Quantcast

Gouverneur expansion represents new trend in care

One of the spacious new exam rooms that Gouverneur Healthcare Services will unveil at an opening ceremony on Sept. 19. Downtown Express photo by Aline Reynolds

 

BY ALINE REYNOLDS  |  New York’s largest municipal freestanding healthcare clinic, situated on the Lower East Side, is about to get even larger.

Gouverneur Healthcare Services is gutting its ambulatory care center and nursing home in its current location at 227 Madison Street and expanding its services in a new, adjacent building with the goal of enhancing treatment and better accommodating Lower Manhattan’s growing senior population.

Since the center was originally designed as a hospital back in the late 1960s, it wasn’t structurally prepared to meet the demands of such a large outpatient facility, according to Sanford Operowsky, Gouverneur’s associate executive ­director. As a result, its services, he said, have been cramped to the point that Gouveneur staff has had to convert office space into additional exam rooms for patients.

“Being able to do these renovations and expansions enables us to implement the latest healthcare models and realign our services to what the community needs,” said Operowsky.

The facility’s nursing department will grow from 210 to 295 beds and house 40 beds per floor, rather than 60, to give patients more space and privacy. Its broadened ambulatory department will be able to perform surgeries, colonoscopies, CAT scans, and provide acute care to patients that don’t require hospitalization.

“We’ll be able to treat people who are much sicker than we do now and admit clientele that’s much more likely to return home,” said William Bateman, director of medical and professional affairs at Gouverneur.

The nursing home, in other words, will cater more to seniors who are rehabilitating or recovering from illnesses or injuries rather than those who are permanently disabled or would like to age in place, Bateman explained.

“We’re focusing more on taking people who we can get home, as opposed to people whose conditions are such that they’ll never be able to return to independent living,” said Bateman.

Eventually, the facility plans to rent out part of the new space to an outside provider that would open a dialysis center.

In designing the new space, staff strove to create a cozy environment by adding fireplaces, fish tanks and other resident- and patient-friendly amenities, in addition to having natural light flow into wider, more navigable hallways and common rooms. All nursing home residents will have suites with private bedrooms, and they’ll either share bathrooms with another resident or have their own.

“It’s going to provide a brighter, more cheerful space to come to get care in,” assured Bateman. “We do expect we’ll be able to utilize space effectively, in a matter that decreases the amount of time people have to wait [to receive care].”

The space modifications represent a “culture” change in municipal care systems in that the new-and-improved facility will simulate a private care center, according to Eugene Leung, senior project manager of the Dormitory Authority of the State of New York, one of the agencies overseeing the renovations.

“This project represents a feeling by the Mayor and [the NYC Health and Hospitals Corporation] that there should be no difference between the public and private system, and that everyone deserves terrific care regardless,” said Leung.

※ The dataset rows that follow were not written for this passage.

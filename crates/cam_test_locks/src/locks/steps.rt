//! Steps with a lock table: what it has to answer at each, and what it is seen to answer.

use super::both::{ask, take_copy, value_of};
use super::plain_table::Told;
use super::servers::Servers;
use super::{COUNTER, REGISTER, new_table};
use cam_base::NoMemory;
use cam_locks::LockTable;
use cam_names::{Name, NameFault};
use cam_type::{Answer, Op, State};
use std::alloc::Global;
use std::test::Fail;

/// One step with a table, and what it has to answer.
pub(super) enum Step<'a> {
    /// An operation of an action is done, with this answer.
    Done(&'a str, u8, Op, Answer),
    /// An operation of an action is refused, since this one stands in the way.
    Busy(&'a str, u8, Op, &'a str),
    Commit(&'a str),
    Abort(&'a str),
    /// From here on a copy goes on.
    Copy,
    /// What the register holds past the top.
    Register(i64),
    /// What the counter holds past the top.
    Counter(i64),
    /// How many operations of a family are secured.
    Secured(&'a str, usize),
    /// How often the servers were asked for an operation since the scene began.
    Asked(u32),
}

/// What is seen of a table at a step.
#[derive(Debug, PartialEq, Drop)]
enum Seen {
    Told(Told),
    /// What an object holds past the top: none where it is not of the table's node.
    Holds(Option<State>),
    /// How many operations of a family are secured, and whether one of it is live.
    Secured { ops: usize, is_here: bool },
    Asked(u32),
    /// A call that answers nothing was made.
    Made,
    /// The text in the step is no name.
    NoName(NameFault),
}

/// A new table after a scene.
pub(super) fn table_after(
    alloc: Global,
    name: &str,
    scene: &[Step<'_>],
) -> Result<LockTable, Fail> {
    let mut table = new_table(alloc)?;
    play(alloc, &mut table, name, scene)?;
    Ok(table)
}

/// Plays the scene of this name, which is a row of steps with a table. It fails at the first that is not answered as it
/// has to be, with its name, the place of the step and what is seen there.
pub(super) fn play(
    alloc: Global,
    table: &mut LockTable,
    name: &str,
    scene: &[Step<'_>],
) -> Result<(), Fail> {
    let mut servers = Servers::new(alloc);
    for (place, step) in scene.iter().enumerate() {
        take_step(table, &mut servers, name, place, step)?;
    }
    Ok(())
}

/// Takes the step at a place of the scene of this name. It fails where what is seen is not what has to be seen.
fn take_step(
    table: &mut LockTable,
    servers: &mut Servers,
    name: &str,
    place: usize,
    step: &Step<'_>,
) -> Result<(), Fail> {
    let seen = seen_at_last(table, servers, step)?;
    if is_expected(step, &seen)? {
        return Ok(());
    }
    Err(Fail::new(format_args!("{name}, step {place}: {seen:?}")))
}

/// What the table answers, at a second try where memory runs out: the table is as it was then.
fn seen_at_last(
    table: &mut LockTable,
    servers: &mut Servers,
    step: &Step<'_>,
) -> Result<Seen, NoMemory> {
    match seen_at(table, servers, step) {
        Ok(seen) => Ok(seen),
        Err(NoMemory) => seen_at(table, servers, step),
    }
}

/// Whether this has to be seen.
fn is_expected(step: &Step<'_>, seen: &Seen) -> Result<bool, Fail> {
    let expected = expected_at(step)?;
    Ok(*seen == expected)
}

/// What the table has to answer.
fn expected_at(step: &Step<'_>) -> Result<Seen, Fail> {
    Ok(match step {
        Step::Done(_, _, _, answer) => Seen::Told(Told::Done(*answer)),
        Step::Busy(_, _, _, holder) => Seen::Told(Told::Busy(Name::parse(holder)?)),
        Step::Commit(_) | Step::Abort(_) | Step::Copy => Seen::Made,
        Step::Register(value) => Seen::Holds(Some(State::Register(*value))),
        Step::Counter(value) => Seen::Holds(Some(State::Counter(*value))),
        Step::Secured(_, ops) => Seen::Secured {
            ops: *ops,
            is_here: *ops > 0,
        },
        Step::Asked(count) => Seen::Asked(*count),
    })
}

/// What it answers.
fn seen_at(
    table: &mut LockTable,
    servers: &mut Servers,
    step: &Step<'_>,
) -> Result<Seen, NoMemory> {
    match step {
        Step::Done(name, object, op, _) | Step::Busy(name, object, op, _) => {
            asks(table, servers, name, *object, op)
        }
        Step::Commit(name) => commits(table, name),
        Step::Abort(name) => aborts(table, name),
        Step::Copy => goes_on_with_a_copy(table),
        Step::Register(_) => holds(table, REGISTER),
        Step::Counter(_) => holds(table, COUNTER),
        Step::Secured(name, _) => secures(table, name),
        Step::Asked(_) => Ok(Seen::Asked(servers.asked())),
    }
}

fn asks(
    table: &mut LockTable,
    servers: &mut Servers,
    name: &str,
    object: u8,
    op: &Op,
) -> Result<Seen, NoMemory> {
    match Name::parse(name) {
        Ok(name) => Ok(Seen::Told(ask(table, servers, &name, object, op)?)),
        Err(fault) => Ok(Seen::NoName(fault)),
    }
}

fn goes_on_with_a_copy(table: &mut LockTable) -> Result<Seen, NoMemory> {
    take_copy(table)?;
    Ok(Seen::Made)
}

fn commits(table: &mut LockTable, name: &str) -> Result<Seen, NoMemory> {
    match Name::parse(name) {
        Ok(name) => {
            table.reserve(1)?;
            table.commit(&name);
            Ok(Seen::Made)
        }
        Err(fault) => Ok(Seen::NoName(fault)),
    }
}

fn aborts(table: &mut LockTable, name: &str) -> Result<Seen, NoMemory> {
    match Name::parse(name) {
        Ok(name) => {
            table.reserve(1)?;
            table.abort(&name);
            Ok(Seen::Made)
        }
        Err(fault) => Ok(Seen::NoName(fault)),
    }
}

fn holds(table: &LockTable, object: u8) -> Result<Seen, NoMemory> {
    let state = value_of(table, object)?;
    Ok(Seen::Holds(state))
}

fn secures(table: &LockTable, name: &str) -> Result<Seen, NoMemory> {
    match Name::parse(name) {
        Ok(family) => Ok(Seen::Secured {
            ops: table.secure(&family, 4)?.ops.len(),
            is_here: table.has_family(&family),
        }),
        Err(fault) => Ok(Seen::NoName(fault)),
    }
}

“They really wanted to divorce the image of the institutional [setting] that has kind of beset the city’s municipal system for many, many years, and wanted these people to feel like they’re in a dignified home — maybe better than what their own homes were providing,” echoed James Palace, project executive for Hunter Roberts Construction Group, Gouverneur’s construction manager.

Gouverneur has instructed Palace and his team to create a grand entrance along Madison Street, with granite steps and a spacious lobby comprised of maple wood walls and terrazzo floors. The new center will also have an auditorium used for fundraising and community events, as well as two rooftops for nursing home patients to enjoy the outdoors.

Palace’s team broke ground at the next door property in early 2009 and plans to have the new 13th floor (the first completed space) ready for patients in October. The project has proven difficult, he said, since the facility’s nursing and ambulatory services must go uninterrupted throughout the duration of the construction period.

“On paper it looked one way, but in practicality, we had to keep the facility functioning properly and meet budget issues and schedule demands that started to become pressing issues for the facility,” said Palace.

As a result, construction crews had to make adjustments to their usual procedures and schedule so as to minimize the disruption the residents and patients would experience.

“We’ve done hundreds of water and electrical shutdowns, and we try to do it at times that are least impactful to residents and the people that work there,” said Palace.

The project also entails a complete infrastructure upgrade of the existing building’s electrical, mechanical and plumbing systems, and a merging of the old and new building so they feel connected.

The team has been able to overcome these challenges, Palace said, by proactively working toward the common objective Gouverneur and his team shared: getting the expanded facility up and running as quickly as possible.

“Everyone was able to check their egos at the door, cooperate and communicate,” said Palace.

Gouverneur will host an opening ceremony on Mon., Sept. 19. The new facility will be completed in late 2013. Funding for the approximately $200 million project largely came from the capital budget of the NYC H.H.C. The center has also obtained grants through the Lower Manhattan Development Corporation, Congresswoman Nydia Velazquez and Manhattan Borough President Scott Stringer.